The thermal insulation comprises the corner sections 'C' and the wall sections 'D'. Each of the corner portions 'C' is identical to the portions 'A' in fig. 1 and includes plates that are attached to foundation beams 6 and with balsa wood lying between the plates and the tank. The corners of the thin-walled tank 18 are anchored so that it is held against dimensional changes by means of angular anchoring elements 19 which are attached to hardwood planks 20 which are in turn attached to the plates. The boards have sufficient tensile and compressive strength to

to be able to transfer loads to the cargo compartment walls. The wall parts 'D' are identical to the parts 'B' in' fig. 1 and comprises foamed polyurethane as described in connection with fig. 1, except that instead of an inner layer of glass fiber or rock wool, it is fitted

an inner layer 21 of balsa sheets.
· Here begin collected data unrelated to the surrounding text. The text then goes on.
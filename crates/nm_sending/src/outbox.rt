//! The packets that a rank has still to send.
//!
//! A rank puts its packets for all ranks into one outbox, and sends them from its front. The packets
//! to each rank are numbered from 0 in the order in which they were put, so its receiver takes them
//! in that order (MPI 3.1, section 3.5). The outbox keeps a note for each message, with the message's
//! body, and makes a packet only where it is sent from: so its bytes are copied once.
//!
//! # What a contract sees
//! An outbox is its rank, its letters in order, by rank how many were popped, and the number of notes
//! for which there is room. A letter is a packet with the rank that it goes to, and the message that
//! leaves with it; no letter is kept, and `letters_in` says which ones the notes stand for.
//! `packets_for` are the packets to a rank in a list of letters.
//! # What is proved
//! - `put_bare` and `put_message` put letters behind the others and `pop_front` takes the first one
//!   away, and all change nothing else but room. So what was put for a rank is what was popped for it,
//!   followed by what is in the outbox for it, each in order (`laws`).
//! - What is put are the packets that a message calls for, numbered on from those that were put, and an
//!   eager message leaves with its last one (`PutsBare`, `PutsPackets`, `Pops`).
//! - A packet that is made is the first letter's, of the outbox's rank and with the number after those
//!   that were popped, and so on for the others (`fill_front`: `lawful`).
//! - Nothing but `reserve` takes memory. `put_bare` and `put_message` ask for room for one note; want of
//!   memory changes nothing but the room.
//! # What is only tested
//! That `new` and `reserve` succeed with ample memory (`.ci/examples`).

pub mod laws;
mod making;
mod notes;
mod outboxes;

pub use outboxes::Outbox;
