//! A use of `nm_copyring`: one rank pushes the bytes of a text, and another pulls them.

mod carrying;

use carrying::carry;
use std::test::Fail;

pub fn show(rt: &HostRuntime) -> Result<(), Fail> {
    let came = carry(rt.alloc(), b"pieces stay in order")?;
    println!(rt;
        "{:?}",
        came.as_slice() == b"pieces stay in order".as_slice()
    )?;
    println!(rt; "{}", came.len())?;
    Ok(())
}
The vertical corners which are not shown in this drawing are identical to the corner portions •C and to the portions 'A' in fig. 1.

Claims (2)

1. Container for the storage and/or transport of liquids whose temperature deviates very much from the ambient temperature and which comprises a prismatic tank that is surrounded by heat insulation in an outer, rigid shell, and in which the side and bottom walls, i.e. the areas of the heat insulation that are exposed for large stresses during the container's use, is made of a load-resistant material that is rigidly attached to the outer shell, characterized by the fact that the other areas are insulated by rigid foam plastic material that is injected on the spot to stick to the inside of the outer rigid shell as well as the adjacent to the edges of the load-bearing material, in that the connection lines formed between the rigid foam plastic material (B or D) and the load-bearing material (A or C) are separated from the corner lines in the rigid shell (3), and in that the connection plane between the rigid foam plastic material and the load-bearing insulation extends obliquely in relation to the plane of the rigid wall shell easy. 2. Container as stated in claim 1, characterized in that the rigid foam plastic material (B or D) is reinforced by embedding mats (12,14) of open mesh, woven material which are arranged between successive layers and that the edges of the mats are anchored to the adjacent, load-bearing insulation material.